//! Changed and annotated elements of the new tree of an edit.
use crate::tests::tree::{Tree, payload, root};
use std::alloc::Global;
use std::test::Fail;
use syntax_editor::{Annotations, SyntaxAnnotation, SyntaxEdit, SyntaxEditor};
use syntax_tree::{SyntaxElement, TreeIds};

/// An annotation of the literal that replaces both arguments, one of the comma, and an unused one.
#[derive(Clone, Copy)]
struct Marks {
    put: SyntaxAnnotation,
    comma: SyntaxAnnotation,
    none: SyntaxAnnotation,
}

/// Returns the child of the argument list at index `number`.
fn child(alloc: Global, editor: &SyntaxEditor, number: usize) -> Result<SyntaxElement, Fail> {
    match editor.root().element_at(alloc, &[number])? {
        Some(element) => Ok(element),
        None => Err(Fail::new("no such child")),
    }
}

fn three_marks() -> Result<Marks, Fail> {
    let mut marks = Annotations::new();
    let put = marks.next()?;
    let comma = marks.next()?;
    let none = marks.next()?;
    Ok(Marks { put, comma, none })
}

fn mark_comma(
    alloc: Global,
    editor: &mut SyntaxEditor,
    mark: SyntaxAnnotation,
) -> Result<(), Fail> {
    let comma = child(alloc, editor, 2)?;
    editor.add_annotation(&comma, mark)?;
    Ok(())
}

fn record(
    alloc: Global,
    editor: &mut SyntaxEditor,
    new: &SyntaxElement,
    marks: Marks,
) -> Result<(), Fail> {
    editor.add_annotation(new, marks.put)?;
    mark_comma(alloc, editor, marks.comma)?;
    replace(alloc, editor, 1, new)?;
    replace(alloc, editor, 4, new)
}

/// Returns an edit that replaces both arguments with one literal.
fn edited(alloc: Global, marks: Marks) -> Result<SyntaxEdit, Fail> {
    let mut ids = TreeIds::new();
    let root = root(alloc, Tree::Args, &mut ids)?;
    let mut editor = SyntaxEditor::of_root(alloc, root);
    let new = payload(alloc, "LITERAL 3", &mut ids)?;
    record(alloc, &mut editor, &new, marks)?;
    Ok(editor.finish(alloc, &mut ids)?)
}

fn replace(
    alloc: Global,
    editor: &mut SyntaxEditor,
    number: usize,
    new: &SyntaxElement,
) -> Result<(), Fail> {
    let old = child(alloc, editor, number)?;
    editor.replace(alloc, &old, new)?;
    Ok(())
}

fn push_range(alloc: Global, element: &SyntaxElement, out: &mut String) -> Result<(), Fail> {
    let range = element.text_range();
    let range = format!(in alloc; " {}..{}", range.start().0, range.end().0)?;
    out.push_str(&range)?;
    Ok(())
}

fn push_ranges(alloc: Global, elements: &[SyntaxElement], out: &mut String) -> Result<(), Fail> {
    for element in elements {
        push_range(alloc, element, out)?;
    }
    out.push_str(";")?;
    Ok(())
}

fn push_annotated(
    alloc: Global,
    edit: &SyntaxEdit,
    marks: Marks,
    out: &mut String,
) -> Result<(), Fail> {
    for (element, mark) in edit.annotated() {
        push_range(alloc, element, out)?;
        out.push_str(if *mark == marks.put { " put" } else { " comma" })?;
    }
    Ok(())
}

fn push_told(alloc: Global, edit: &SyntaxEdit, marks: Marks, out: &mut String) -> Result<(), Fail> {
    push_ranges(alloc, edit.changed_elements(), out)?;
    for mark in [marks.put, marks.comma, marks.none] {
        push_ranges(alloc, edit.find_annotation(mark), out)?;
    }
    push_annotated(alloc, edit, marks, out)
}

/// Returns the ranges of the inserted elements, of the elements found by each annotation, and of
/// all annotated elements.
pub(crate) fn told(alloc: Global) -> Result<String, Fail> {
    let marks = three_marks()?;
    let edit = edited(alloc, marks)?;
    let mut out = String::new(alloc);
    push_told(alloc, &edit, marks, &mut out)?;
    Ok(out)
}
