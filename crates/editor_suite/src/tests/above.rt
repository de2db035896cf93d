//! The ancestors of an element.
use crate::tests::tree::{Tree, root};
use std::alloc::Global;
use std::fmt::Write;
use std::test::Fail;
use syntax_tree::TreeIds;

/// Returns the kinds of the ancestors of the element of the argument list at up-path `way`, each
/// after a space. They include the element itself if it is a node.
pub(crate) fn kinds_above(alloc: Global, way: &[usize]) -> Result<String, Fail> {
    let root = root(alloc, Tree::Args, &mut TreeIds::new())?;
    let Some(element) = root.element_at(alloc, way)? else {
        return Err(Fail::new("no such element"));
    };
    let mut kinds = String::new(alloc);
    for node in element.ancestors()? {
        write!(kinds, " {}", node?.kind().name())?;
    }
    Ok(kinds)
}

○ ○ ○ ○

_ASSIGNED TASK:_ Supply only the number of lines above in which "String" occurs.

_ANSWER TO THIS EXERCISE:_ 8